TO DO - Copy the data precisely, keeping every character.

------ EXERCISE DATA

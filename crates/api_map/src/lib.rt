//! The members of Map and Map.Entry, the constructors of maps and sets, and the members of Collection of sets and of views of maps.
#![tactic(auto)]

mod affording;
mod arguments;
mod bulk;
mod collections;
mod entries;
mod errors;
mod guards;
mod holding;
mod laws;
mod making;
mod maps;
mod member;
mod removing;
mod searching;
mod sources;
mod whole;

pub use bulk::{Bulk, Choice, SiftErr, choice_of};
pub use holding::{entry_in, value_in};
pub use laws::members_keep_fit;
pub use member::call;
pub use sources::{Source, source_at};
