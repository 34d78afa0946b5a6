//! The value stack.

ghost use Rattle.std.specs.Prelude.{◌≡◌, ◌≢◌, List, [], ◌∷◌, OnOk};
ghost use Rattle.parse_values.specs.declared.value.Value as declared;
ghost use Rattle.parse_values.specs.Stack.{AreTwo};

use parse_values::Value;
use plain_data::{Boxed, Items};
use std::alloc::{AllocError, Global};
use std::marker::Model;

/// The values of the symbols that were read and that no rule has taken yet. Contracts see the last of them first.
///
/// Where memory runs out, nothing is known of what is left on it.
pub struct Stack {
    /// The last at the end.
    values: Items<Boxed<Value>>,
}

impl Drop for Stack {
    /// Written out, so that no crate above proves it again.
    fn drop(self) {
        let Stack { values: _values } = self;
    }
}

impl Model for Stack {
    ghost use Rattle.std.specs.Prelude.{List, reverse};
    ghost use Rattle.std.specs.Coded.{coded_list};
    ghost use Rattle.parse_values.specs.declared.value.Value as declared;
    ghost use Rattle.parse_values.specs.contracts.value.Value as row;

    ghost Value = { List declared.Value };

    ghost coded = { coded_list row.the_row.coded };

    ghost view = { λ s. reverse s.values };
}

/// Lets a value go.
pub fn discard(_value: Value) {}

impl Stack {
    /// With no values.
    pub fn new(alloc: Global) -> Stack
        ensures { result ≡ [] }
    {
        Stack {
            values: Items::new(alloc),
        }
    }

    /// Puts a value on the top.
    pub fn push(&mut self, alloc: Global, value: Value) -> Result<(), AllocError>
        ensures { OnOk result (self.new ≡ value ∷ self.old) }
    {
        let value = Boxed::new(alloc, value)?;
        self.values.push(value)
    }

    /// Takes the value on the top.
    pub fn pop(&mut self) -> Value
        requires { self.old ≢ [] }
        ensures { self.old ≡ result ∷ self.new }
    {
        let Some(value) = self.values.pop() else {
            unreachable!()
        };
        value.into_inner()
    }

    /// Leaves the value on the top out.
    pub fn skip(&mut self)
        requires { self.old ≢ [] }
        ensures { (value : declared.Value) (below : List declared.Value) → self.old ≡ value ∷ below → self.new ≡ below }
    {
        discard(self.pop());
    }

    /// Leaves the value below the top out.
    pub fn skip_second(&mut self) -> Result<(), AllocError>
        requires { AreTwo self.old }
        ensures { OnOk result ((value : declared.Value) (second : declared.Value) (below : List declared.Value) → self.old ≡ value ∷ second ∷ below → self.new ≡ value ∷ below) }
    {
        let Some(value) = self.values.pop() else {
            unreachable!()
        };
        self.skip();
        self.values.push(value)
    }
}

------------

SOLUTION TO THE EXERCISE -
filename crates/api_map/src/lib.rt
//! The members of Map and Map.Entry, the constructors of maps and sets, and the members of Collection of sets and of views of maps.
#![tactic(auto)]

mod affording;
mod arguments;
mod bulk;
mod collections;
mod entries;
mod errors;
mod guards;
mod holding;
mod laws;
mod making;
mod maps;
mod member;
mod removing;
mod searching;
mod sources;
mod whole;

pub use bulk::{Bulk, Choice, SiftErr, choice_of};
pub use holding::{entry_in, value_in};
pub use laws::members_keep_fit;
pub use member::call;
pub use sources::{Source, source_at};
repository 34d78afa0946b5a6
//! The value stack.

ghost use Rattle.std.specs.Prelude.{◌≡◌, ◌≢◌, List, [], ◌∷◌, OnOk};
ghost use Rattle.parse_values.specs.declared.value.Value as declared;
ghost use Rattle.parse_values.specs.Stack.{AreTwo};

use parse_values::Value;
use plain_data::{Boxed, Items};
use std::alloc::{AllocError, Global};
use std::marker::Model;

/// The values of the symbols that were read and that no rule has taken yet. Contracts see the last of them first.
///
/// Where memory runs out, nothing is known of what is left on it.
pub struct Stack {
    /// The last at the end.
    values: Items<Boxed<Value>>,
}

impl Drop for Stack {
    /// Written out, so that no crate above proves it again.
    fn drop(self) {
        let Stack { values: _values } = self;
    }
}

impl Model for Stack {
    ghost use Rattle.std.specs.Prelude.{List, reverse};
    ghost use Rattle.std.specs.Coded.{coded_list};
    ghost use Rattle.parse_values.specs.declared.value.Value as declared;
    ghost use Rattle.parse_values.specs.contracts.value.Value as row;

    ghost Value = { List declared.Value };

    ghost coded = { coded_list row.the_row.coded };

    ghost view = { λ s. reverse s.values };
}

/// Lets a value go.
pub fn discard(_value: Value) {}

impl Stack {
    /// With no values.
    pub fn new(alloc: Global) -> Stack
        ensures { result ≡ [] }
    {
        Stack {
            values: Items::new(alloc),
        }
    }

    /// Puts a value on the top.
    pub fn push(&mut self, alloc: Global, value: Value) -> Result<(), AllocError>
        ensures { OnOk result (self.new ≡ value ∷ self.old) }
    {
        let value = Boxed::new(alloc, value)?;
        self.values.push(value)
    }

    /// Takes the value on the top.
    pub fn pop(&mut self) -> Value
        requires { self.old ≢ [] }
        ensures { self.old ≡ result ∷ self.new }
    {
        let Some(value) = self.values.pop() else {
            unreachable!()
        };
        value.into_inner()
    }

    /// Leaves the value on the top out.
    pub fn skip(&mut self)
        requires { self.old ≢ [] }
        ensures { (value : declared.Value) (below : List declared.Value) → self.old ≡ value ∷ below → self.new ≡ below }
    {
        discard(self.pop());
    }

    /// Leaves the value below the top out.
    pub fn skip_second(&mut self) -> Result<(), AllocError>
        requires { AreTwo self.old }
        ensures { OnOk result ((value : declared.Value) (second : declared.Value) (below : List declared.Value) → self.old ≡ value ∷ second ∷ below → self.new ≡ value ∷ below) }
    {
        let Some(value) = self.values.pop() else {
            unreachable!()
        };
        self.skip();
        self.values.push(value)
    }
}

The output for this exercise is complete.